An example of website serving static files using only JavaScript on python with SimpleHTTPServer, midas-sso and Auth0. For live demo, visit https://midas-isg.github.io/example-midas-sso-js-oidc/.

Hook up to midass-sso

This example shows how to hook up to midass-sso for the logged in user. After user signs up to midas-sso via MIDAS Accounts, the user will automatically get ISG_USER role. The example also demonstrates how to fetch user information from Auth0 and put into local storage for further useage.

The below is the original information from auth0-samples/oidc-sso-sample.

OIDC Single Sign-on Sample

Prerequisites

  1. Go to https://manage.auth0.com/#/clients and create a single-page application client with OIDC Conformant mode enabled
  2. Add http://localhost:3000 and http://localhost:3000/callback.html as allowed callback URLs
  3. Enter your Auth0 domain and client ID in the auth0-variables.js file.

Running the sample

To start the sample, start a web server in the root of this repository at port 3000, or just run:

make

and then browse to http://localhost:3000.

How this sample works

We are checking two things in local storage to detect if a user is logged in or not:

  • accessToken: the Auth0 access token to access our desired API, which in this case is /userinfo
  • expirationDate: the expiration date of this token, calculated using the expires_in response parameter after a successful authentication

If there is no valid access token present in local storage, the user is not logged in to our application, but they might have logged in via SSO to another application. We can detect if this is the case by calling the renewAuth method of auth0.js, which will attempt to silently authenticate the user inside an iframe.

Silent authentication works in the same way as regular authentication (i.e. redirects the user to /authorize), but with some differences:

  • A prompt=none parameter is added to the redirect to /authorize. This causes Auth0 to return an error in case the user is not logged in via SSO instead of displaying a login page.
  • The redirect happens inside an iframe to preserve our application's state.
  • The callback URL of this request is set to callback.html, which is a dedicated page to handle the silent authentication callback. This avoids loading your entire application again inside an iframe.

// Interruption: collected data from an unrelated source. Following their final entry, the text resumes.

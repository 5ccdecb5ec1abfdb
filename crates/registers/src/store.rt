//! Stores of records.
ghost use Rattle.std.specs.Prelude.{◌≡◌, ℕ, ◌+◌, ◌<◌, List, [], ◌∷◌, ◌++◌, ◌==◌};
ghost use Rattle.record.specs.declared.Record.{Record};
ghost use Rattle.register.specs.Sets.{Emptiness};
ghost use Rattle.register.specs.Stored.{stored};
ghost use Rattle.registers.specs.Places.{is_there, look_alike};

use record::Record;

// A store of records, in the order in which they came, with room for some more.
pub(crate) trait Store {
    ghost records: { Self → List Record };

    ghost room: { Self → ℕ };

    // What appending does to a store.
    ghost Appends: { Self → Record → Self → Type 0 };

    // The records that are stored.
    fn records(&self) -> &[Record]
        ensures { result.now ≡ records self.now };

    // Whether there is no room.
    fn is_full(&self) -> bool
        ensures { result ≡ (room self.now == 0) };

    // Stores `r` after the others.
    fn append(&mut self, r: Record)
        requires { 0 < room self.old }
        ensures records { records self.new ≡ records self.old ++ r ∷ [] }
        ensures room { room self.new + 1 ≡ room self.old }
        ensures store { Appends self.old r self.new };
}

// Whether two records agree in signer, slot and result. Most differ there, which is seen at once:
// there is no branch between the three.
fn look_alike(a: &Record, b: &Record) -> bool
    ensures { result ≡ look_alike a.now b.now }
{
    (a.signer == b.signer) & (a.slot == b.slot) & (a.result == b.result)
}

// Whether `r` is a statement, and one of the records. With `==` alone a table's ask takes two to
// three times as long.
pub(crate) fn holds(records: &[Record], r: &Record) -> bool
    ensures { result ≡ stored is_there records.now r.now }
{
    r.keeps_layout()
        && records
            .iter()
            .any(|record| look_alike(record, r) && record == r)
}

// Whether none of the records is a statement.
pub(crate) fn holds_nothing(records: &[Record]) -> bool
    ensures { Emptiness (stored is_there records.now) result }
{
    !records.iter().any(|record| record.keeps_layout())
}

Two things can happen after a silent authentication request:

  • The user did not have an active SSO session, so Auth0 calls back with an error (error=login_required)
  • The user did have an active SSO session, so Auth0 calls back with an access token (access_token=...&expires_in=...)

In any case, the response from Auth0 is sent from the iframe back to the main page by using postMessage, which allows the main page to take action based on the outcome. In this sample we are immediately redirecting the user to the login page by using the authorize method of auth0.js if silent authentication failed, or storing the token and its expiration date in local storage if it succeeded.